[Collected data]
══════════════════════════════

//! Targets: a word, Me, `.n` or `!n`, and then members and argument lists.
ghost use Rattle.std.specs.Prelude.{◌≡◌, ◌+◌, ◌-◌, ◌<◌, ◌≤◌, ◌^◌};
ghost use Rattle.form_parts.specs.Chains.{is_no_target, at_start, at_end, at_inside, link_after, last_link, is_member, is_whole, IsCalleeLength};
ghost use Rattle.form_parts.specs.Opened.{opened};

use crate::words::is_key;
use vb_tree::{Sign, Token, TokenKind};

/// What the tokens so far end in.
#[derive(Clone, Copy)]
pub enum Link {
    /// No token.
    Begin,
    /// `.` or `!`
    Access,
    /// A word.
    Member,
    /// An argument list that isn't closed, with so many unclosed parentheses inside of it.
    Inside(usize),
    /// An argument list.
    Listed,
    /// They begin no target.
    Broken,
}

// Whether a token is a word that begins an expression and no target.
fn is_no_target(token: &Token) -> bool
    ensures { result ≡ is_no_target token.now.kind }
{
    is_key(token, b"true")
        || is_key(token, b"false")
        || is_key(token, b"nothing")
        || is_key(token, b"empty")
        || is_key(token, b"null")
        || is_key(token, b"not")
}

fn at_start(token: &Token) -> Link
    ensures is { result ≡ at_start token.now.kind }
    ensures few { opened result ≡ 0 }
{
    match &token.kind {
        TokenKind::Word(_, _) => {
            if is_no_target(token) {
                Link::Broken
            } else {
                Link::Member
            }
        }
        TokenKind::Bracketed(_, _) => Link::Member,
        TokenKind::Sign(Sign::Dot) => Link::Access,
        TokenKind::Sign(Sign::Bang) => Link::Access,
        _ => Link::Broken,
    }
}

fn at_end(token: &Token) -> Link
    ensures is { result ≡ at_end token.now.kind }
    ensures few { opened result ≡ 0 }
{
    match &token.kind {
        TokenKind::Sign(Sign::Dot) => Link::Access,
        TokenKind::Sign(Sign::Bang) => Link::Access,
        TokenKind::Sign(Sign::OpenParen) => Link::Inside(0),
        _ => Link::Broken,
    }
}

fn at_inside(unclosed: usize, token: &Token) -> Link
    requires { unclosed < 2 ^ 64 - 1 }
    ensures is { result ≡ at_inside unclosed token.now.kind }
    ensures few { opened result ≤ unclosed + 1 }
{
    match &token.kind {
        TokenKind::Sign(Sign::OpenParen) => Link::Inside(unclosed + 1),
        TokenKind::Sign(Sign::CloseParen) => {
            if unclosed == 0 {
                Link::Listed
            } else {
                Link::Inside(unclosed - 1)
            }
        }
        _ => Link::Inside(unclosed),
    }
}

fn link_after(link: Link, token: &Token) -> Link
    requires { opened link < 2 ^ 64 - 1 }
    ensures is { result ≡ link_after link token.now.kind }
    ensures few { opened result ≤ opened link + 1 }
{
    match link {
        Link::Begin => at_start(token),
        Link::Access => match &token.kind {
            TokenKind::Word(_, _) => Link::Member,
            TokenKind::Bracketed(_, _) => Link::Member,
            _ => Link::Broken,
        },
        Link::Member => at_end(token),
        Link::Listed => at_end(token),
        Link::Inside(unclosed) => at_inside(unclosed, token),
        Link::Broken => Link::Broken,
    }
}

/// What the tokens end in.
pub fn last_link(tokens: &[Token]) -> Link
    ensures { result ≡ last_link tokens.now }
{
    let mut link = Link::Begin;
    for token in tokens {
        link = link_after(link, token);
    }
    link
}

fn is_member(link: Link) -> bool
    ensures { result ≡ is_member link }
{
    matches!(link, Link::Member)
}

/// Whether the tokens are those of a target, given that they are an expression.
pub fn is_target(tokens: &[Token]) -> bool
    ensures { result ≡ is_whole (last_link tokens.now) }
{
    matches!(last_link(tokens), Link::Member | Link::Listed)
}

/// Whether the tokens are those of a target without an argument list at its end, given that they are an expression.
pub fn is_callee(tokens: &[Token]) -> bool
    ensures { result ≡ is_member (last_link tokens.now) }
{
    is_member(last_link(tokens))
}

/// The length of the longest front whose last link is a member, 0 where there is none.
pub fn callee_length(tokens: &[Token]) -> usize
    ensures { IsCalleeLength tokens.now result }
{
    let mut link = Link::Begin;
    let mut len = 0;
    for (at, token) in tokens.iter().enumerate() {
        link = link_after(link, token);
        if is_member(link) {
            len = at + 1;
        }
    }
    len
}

══════════════════════════════

:: TASK DETAILS ::
Print each entry exactly as it appears above.

:: YOUR RESPONSE ::
//! Targets: a word, Me, `.n` or `!n`, and then members and argument lists.
ghost use Rattle.std.specs.Prelude.{◌≡◌, ◌+◌, ◌-◌, ◌<◌, ◌≤◌, ◌^◌};
ghost use Rattle.form_parts.specs.Chains.{is_no_target, at_start, at_end, at_inside, link_after, last_link, is_member, is_whole, IsCalleeLength};
ghost use Rattle.form_parts.specs.Opened.{opened};

use crate::words::is_key;
use vb_tree::{Sign, Token, TokenKind};

/// What the tokens so far end in.
#[derive(Clone, Copy)]
pub enum Link {
    /// No token.
    Begin,
    /// `.` or `!`
    Access,
    /// A word.
    Member,
    /// An argument list that isn't closed, with so many unclosed parentheses inside of it.
    Inside(usize),
    /// An argument list.
    Listed,
    /// They begin no target.
    Broken,
}

// Whether a token is a word that begins an expression and no target.
fn is_no_target(token: &Token) -> bool
    ensures { result ≡ is_no_target token.now.kind }
{
    is_key(token, b"true")
        || is_key(token, b"false")
        || is_key(token, b"nothing")
        || is_key(token, b"empty")
        || is_key(token, b"null")
        || is_key(token, b"not")
}

fn at_start(token: &Token) -> Link
    ensures is { result ≡ at_start token.now.kind }
    ensures few { opened result ≡ 0 }
{
    match &token.kind {
        TokenKind::Word(_, _) => {
            if is_no_target(token) {
                Link::Broken
            } else {
                Link::Member
            }
        }
        TokenKind::Bracketed(_, _) => Link::Member,
        TokenKind::Sign(Sign::Dot) => Link::Access,
        TokenKind::Sign(Sign::Bang) => Link::Access,
        _ => Link::Broken,
    }
}

fn at_end(token: &Token) -> Link
    ensures is { result ≡ at_end token.now.kind }
    ensures few { opened result ≡ 0 }
{
    match &token.kind {
        TokenKind::Sign(Sign::Dot) => Link::Access,
        TokenKind::Sign(Sign::Bang) => Link::Access,
        TokenKind::Sign(Sign::OpenParen) => Link::Inside(0),
        _ => Link::Broken,
    }
}

fn at_inside(unclosed: usize, token: &Token) -> Link
    requires { unclosed < 2 ^ 64 - 1 }
    ensures is { result ≡ at_inside unclosed token.now.kind }
    ensures few { opened result ≤ unclosed + 1 }
{
    match &token.kind {
        TokenKind::Sign(Sign::OpenParen) => Link::Inside(unclosed + 1),
        TokenKind::Sign(Sign::CloseParen) => {
            if unclosed == 0 {
                Link::Listed
            } else {
                Link::Inside(unclosed - 1)
            }
        }
        _ => Link::Inside(unclosed),
    }
}

fn link_after(link: Link, token: &Token) -> Link
    requires { opened link < 2 ^ 64 - 1 }
    ensures is { result ≡ link_after link token.now.kind }
    ensures few { opened result ≤ opened link + 1 }
{
    match link {
        Link::Begin => at_start(token),
        Link::Access => match &token.kind {
            TokenKind::Word(_, _) => Link::Member,
            TokenKind::Bracketed(_, _) => Link::Member,
            _ => Link::Broken,
        },
        Link::Member => at_end(token),
        Link::Listed => at_end(token),
        Link::Inside(unclosed) => at_inside(unclosed, token),
        Link::Broken => Link::Broken,
    }
}

/// What the tokens end in.
pub fn last_link(tokens: &[Token]) -> Link
    ensures { result ≡ last_link tokens.now }
{
    let mut link = Link::Begin;
    for token in tokens {
        link = link_after(link, token);
    }
    link
}

fn is_member(link: Link) -> bool
    ensures { result ≡ is_member link }
{
    matches!(link, Link::Member)
}

/// Whether the tokens are those of a target, given that they are an expression.
pub fn is_target(tokens: &[Token]) -> bool
    ensures { result ≡ is_whole (last_link tokens.now) }
{
    matches!(last_link(tokens), Link::Member | Link::Listed)
}

/// Whether the tokens are those of a target without an argument list at its end, given that they are an expression.
pub fn is_callee(tokens: &[Token]) -> bool
    ensures { result ≡ is_member (last_link tokens.now) }
{
    is_member(last_link(tokens))
}

/// The length of the longest front whose last link is a member, 0 where there is none.
pub fn callee_length(tokens: &[Token]) -> usize
    ensures { IsCalleeLength tokens.now result }
{
    let mut link = Link::Begin;
    let mut len = 0;
    for (at, token) in tokens.iter().enumerate() {
        link = link_after(link, token);
        if is_member(link) {
            len = at + 1;
        }
    }
    len
}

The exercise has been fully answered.